What you will do.
Your answer should be one number, the count of lines in the listing below containing the word "padded".
# # # # # # #
// The walk over the sets.
ghost use Rattle.std.specs.Prelude.{◌≡◌, [], ◌∷◌, ◌<◌, ◌≤◌, ◌^◌, T, leb, length, drop};
ghost use Rattle.order.specs.Lists.{rows_of};
ghost use Rattle.columns.specs.Columns.{size, columns_of};
ghost use Rattle.method.specs.Method.{critical_value};
ghost use Rattle.masks.specs.Marks.{holding};
ghost use Rattle.putback.specs.Internal.{Going, At, better, sets_of, unite, hopeless_in};

use super::branch;
use super::branch::Branch;
use masks::{Bound, Table};

// A value, and the set that gave it first.
#[derive(Clone, Copy)]
pub struct Best {
    pub value: f64,
    pub set: u32,
}

// The best so far, how many rows are marked by its value, and whether the last set rose.
#[derive(Clone, Copy)]
pub struct Held {
    pub best: Best,
    pub n: usize,
    pub risen: bool,
}

// The better of what is held and c of the columns of `set`, which is worked out only where it is larger.
pub(crate) fn leaf(
    table: Table<'_>,
    work: &mut [f64],
    kept: &mut [u16],
    marks: &mut [u32],
    e: usize,
    set: u32,
    held: Held,
) -> Held
    requires { Going table.values.now table.rows table.columns table.k e work.old kept.old marks.old held × (set < 2 ^ table.columns) × (table.k ≤ size (columns_of table.columns set)) }
    ensures { (result.best ≡ better (λ K. critical_value table.entry.k e (rows_of table.entry.rows table.entry.columns table.entry.values.now) K) held.best (columns_of table.entry.columns set ∷ [])) × (drop table.entry.rows work.new ≡ drop table.entry.rows work.old) × Going table.entry.values.now table.entry.rows table.entry.columns table.entry.k e work.new kept.new marks.new result }
{
    let n = held.n;
    if masks::count_holding(&marks[..n], set, table.k) <= e {
        return Held {
            risen: false,
            ..held
        };
    }
    let c = critical::raised(
        table,
        work,
        &kept[..n],
        &marks[..n],
        e,
        set,
        held.best.value,
    );
    let m = masks::mark(table, kept, marks, n, Bound::Above(c));
    Held {
        best: Best { value: c, set },
        n: m,
        risen: true,
    }
}

// Whether no more than e rows have k columns of all those of a branch together above the best value.
fn few_in_all(marks: &[u32], k: usize, e: usize, b: Branch) -> bool
    requires { (0 < k) × (k ≤ 4) × (length marks.now ≤ 4096) × (b.from < 32) × (unite b < 2 ^ 32) }
    ensures { result ≡ leb (holding k (unite b) marks.now) e }
{
    let all = b.set + b.rest * masks::bit(b.from);
    masks::count_holding(marks, all, k) <= e
}

// Whether no set of a branch can rise: a row counts only if it has all of k but those to be chosen in `set`, and k in all columns together.
fn hopeless(marks: &[u32], k: usize, e: usize, b: Branch) -> bool
    requires { (k ≤ 4) × (b.left < k) × (length marks.now ≤ 4096) × (b.from < 32) × (unite b < 2 ^ 32) }
    ensures { result ≡ hopeless_in k e marks.now b }
{
    masks::count_holding(marks, b.set, k - b.left) <= e || few_in_all(marks, k, e, b)
}

// Whether the column before the next one is in `set`, as it is where it has just been chosen. It only tells when a look pays.
fn just_chosen(b: Branch) -> bool
    requires { b.from < 32 }
{
    b.from == 0 || b.set / masks::bit(b.from - 1) % 2 == 1
}

// Whether a branch is left; not always where it could be. The look by `set` is made where a column was just chosen or the last set rose; with one column to choose
// both looks are made only where the last set rose, since each set is then counted anyway.
fn left_out(marks: &[u32], k: usize, e: usize, b: Branch, risen: bool) -> bool
    requires { (k ≤ 4) × (b.left < k) × (length marks.now ≤ 4096) × (b.from < 32) × (unite b < 2 ^ 32) }
    ensures { T result → T (hopeless_in k e marks.now b) }
{
    if !risen {
        if b.left == 1 {
            return false;
        }
        if !just_chosen(b) {
            return few_in_all(marks, k, e, b);
        }
    }
    hopeless(marks, k, e, b)
}

// The better of what is held and the sets of the branch: one column is chosen and then, with one fewer to choose, later ones.
pub(crate) fn walk(
    table: Table<'_>,
    work: &mut [f64],
    kept: &mut [u16],
    marks: &mut [u32],
    e: usize,
    b: Branch,
    held: Held,
) -> Held
    requires { Going table.values.now table.rows table.columns table.k e work.old kept.old marks.old held × At table.columns table.k b }
    ensures { (result.best ≡ better (λ K. critical_value table.entry.k e (rows_of table.entry.rows table.entry.columns table.entry.values.now) K) held.best (sets_of table.entry.columns b)) × (drop table.entry.rows work.new ≡ drop table.entry.rows work.old) × Going table.entry.values.now table.entry.rows table.entry.columns table.entry.k e work.new kept.new marks.new result }
{
    if b.left == 0 {
        return leaf(table, work, kept, marks, e, b.set, held);
    }
    if b.rest == 0 {
        return held;
    }
    let past = branch::without_next(b);
    if b.rest % 2 == 0 {
        return walk(table, work, kept, marks, e, past, held);
    }
    let n = held.n;
    if left_out(&marks[..n], table.k, e, b, held.risen) {
        return held;
    }
    let chosen = branch::with_next(b);
    let h = walk(table, work, kept, marks, e, chosen, held);
    walk(table, work, kept, marks, e, past, h)
}
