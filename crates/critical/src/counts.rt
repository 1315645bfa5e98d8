// The offers' counts: the rows, the observed one included, whose value is at least an offer's observed value. All of them by one look at the table.
ghost use Rattle.std.specs.Prelude.{◌≡◌, ℕ, ◌<◌, ◌≤◌, ◌+◌, ◌*◌, length, get_or};
ghost use Rattle.std.specs.Float.{nan};
ghost use Rattle.order.specs.Order.{at_most};
ghost use Rattle.order.specs.Counting.{bit};
ghost use Rattle.order.specs.Lists.{rows_of, tabulate, padded};
ghost use Rattle.method.specs.Method.{at_least};
ghost use Rattle.critical.specs.Internal.{Tallying};

use masks::Table;

// One row more.
fn tally(row: &[f64], observed: &[f64], counts: &mut [usize])
    requires { Tallying row.now observed.now counts.old }
    ensures { ((j : ℕ) → j < length row.now → get_or counts.new j 0 ≡ get_or counts.old j 0 + bit (at_most (get_or observed.now j nan) (get_or row.now j nan))) × ((j : ℕ) → length row.now ≤ j → get_or counts.new j 0 ≡ get_or counts.old j 0) }
{
    for (j, &x) in row.iter().enumerate() {
        counts[j] += order::one_where(observed[j], x);
    }
}

// The count of each column.
pub fn at_least(table: Table<'_>, observed: usize) -> [usize; 32]
    requires { observed < table.rows }
    ensures { result ≡ padded 32 0 (tabulate table.entry.columns (λ j. at_least (rows_of table.entry.rows table.entry.columns table.entry.values.now) (get_or table.entry.values.now (observed * table.entry.columns + j) nan) j)) }
{
    let mut counts = [0usize; 32];
    let seen = table.row(observed);
    for g in 0..table.rows {
        tally(table.row(g), seen, &mut counts);
    }
    counts
}
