// A row's k-max: its k-th largest value over a list of columns, in one pass that keeps the k largest values and takes no branch.
ghost use Rattle.std.specs.Prelude.{◌≡◌, map, ◌<◌, ◌≤◌, T, ltb, length, get_or, take};
ghost use Rattle.std.specs.Float.{nan};
ghost use Rattle.order.specs.Order.{finite};
ghost use Rattle.order.specs.Counting.{all};
ghost use Rattle.select.specs.Rank.{kth_largest};
ghost use Rattle.columns.specs.Columns.{size, columns_of};
ghost use Rattle.critical.specs.Internal.{pushed, members_from};

// The columns of a set, in rising order, in the first places: as many as the set has.
pub(crate) fn members(columns: usize, set: u32) -> [usize; 32]
    requires { columns ≤ 32 }
    ensures { (size (columns_of columns set) ≤ length result) × (take (size (columns_of columns set)) result ≡ members_from 0 (columns_of columns set)) }
{
    let mut at = [0usize; 32];
    let mut n: usize = 0;
    let mut s = set;
    for i in 0..columns {
        if s % 2 == 1 {
            at[n] = i;
            n += 1;
        }
        s /= 2;
    }
    at
}

// The largest values so far, in falling order, with x seen too: each place keeps the larger of its value and what the place before it gives up.
#[inline(always)]
fn push(largest: &mut [f64], x: f64)
    ensures { largest.new ≡ pushed largest.old x }
{
    let mut given_up = x;
    for value in largest.iter_mut() {
        let rest = order::lesser(*value, given_up);
        *value = order::larger(*value, given_up);
        given_up = rest;
    }
}

// The K-th largest of a row's values at the listed columns. K is a constant: each has a loop of its own then, and a plain maximum is left for K = 1.
fn kth<const K: usize>(row: &[f64], list: &[usize]) -> f64
    requires { T (all finite row.now) × T (all (λ j. ltb j (length row.now)) list.now) × (0 < K) × (K ≤ 4) × (K ≤ length list.now) }
    ensures { result ≡ kth_largest K (map (λ j. get_or row.now j nan) list.now) }
{
    let mut largest = [f64::NEG_INFINITY; K];
    for &j in list {
        push(&mut largest, row[j]);
    }
    order::plus_zero(largest[K - 1])
}

// The k-th largest of a row's values at the listed columns.
pub(crate) fn kmax(row: &[f64], list: &[usize], k: usize) -> f64
    requires { T (all finite row.now) × T (all (λ j. ltb j (length row.now)) list.now) × (0 < k) × (k ≤ 4) × (k ≤ length list.now) }
    ensures { result ≡ kth_largest k (map (λ j. get_or row.now j nan) list.now) }
{
    match k {
        1 => kth::<1>(row, list),
        2 => kth::<2>(row, list),
        3 => kth::<3>(row, list),
        _ => kth::<4>(row, list),
    }
}
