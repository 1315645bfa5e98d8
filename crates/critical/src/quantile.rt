// c(K): the rows' k-max values over a set go into the work buffer, and the (M - e)-th smallest of them is found there. So is the lowest row that has it.
ghost use Rattle.std.specs.Prelude.{◌≡◌, map, ◌<◌, ◌≤◌, length, drop};
ghost use Rattle.order.specs.Lists.{rows_of};
ghost use Rattle.refusals.specs.Buffers.{written};
ghost use Rattle.columns.specs.Columns.{size, columns_of};
ghost use Rattle.method.specs.Method.{k_max};
ghost use Rattle.critical.specs.Internal.{members_from, found_of};

use super::kmax;
use masks::Table;

// The largest value of each row over the columns of `set`, which are listed, into the first places of the work buffer.
fn fill(table: Table<'_>, work: &mut [f64], set: u32, list: &[usize])
    requires { (table.rows ≤ length work.old) × (0 < size (columns_of table.columns set)) × (list.now ≡ members_from 0 (columns_of table.columns set)) }
    ensures { work.new ≡ written (map (λ row. k_max 1 (columns_of table.entry.columns set) row) (rows_of table.entry.rows table.entry.columns table.entry.values.now)) work.old }
{
    for g in 0..table.rows {
        work[g] = kmax::kmax(table.row(g), list, 1);
    }
}

// A critical value, and the lowest row whose k-max equals it.
#[derive(Clone, Copy)]
pub struct Found {
    pub value: f64,
    pub row: usize,
}

// The critical value of the columns of `set` with k = 1, which is written out: the compiler then makes a plain maximum of a row's k-max. Of the work buffer only
// the first M places change.
pub fn critical_value(table: Table<'_>, work: &mut [f64], e: usize, set: u32) -> Found
    requires { (table.rows ≤ length work.old) × (table.k ≤ size (columns_of table.columns set)) × (e < table.rows) × (table.k ≡ 1) }
    ensures { (result ≡ found_of table.entry.k e (rows_of table.entry.rows table.entry.columns table.entry.values.now) (columns_of table.entry.columns set)) × (drop table.entry.rows work.new ≡ drop table.entry.rows work.old) }
{
    let list = kmax::members(table.columns, set);
    let n = masks::size_of(table.columns, set);
    fill(table, work, set, &list[..n]);
    let c = select::mth_smallest(&work[..table.rows], table.rows - e);
    Found {
        value: c,
        row: order::first_equal(&work[..table.rows], c),
    }
}
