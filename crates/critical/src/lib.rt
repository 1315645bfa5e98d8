// Critical values of a table that has passed its checks: a row's k-max, c(K) with the row that has it, and counts of rows.
// INNER: these functions ask for what they need (`requires`): a checked table, or sizes within the limits. Their callers are `putback` and `engine`.
// `fill`, `fill_above` and `fill_sample` stay three: each is a loop of a line or two, and one over any rows would promise less of each.
#![tactic(auto)]

mod bars; // the lowest row that has a critical value
mod counts; // how many rows reach each observed value
mod kmax; // a row's k-max
mod quantile; // c(K): a quantile of the k-max values, with the work buffer
mod raise; // c(K) where it is known to be above a value
mod sample; // a value that c(K) is likely to be above

pub use bars::lowest_row;
pub use counts::at_least;
pub use quantile::{Found, critical_value};
pub use raise::raised;
pub use sample::likely_below;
# # # # # # #
Written answer.
2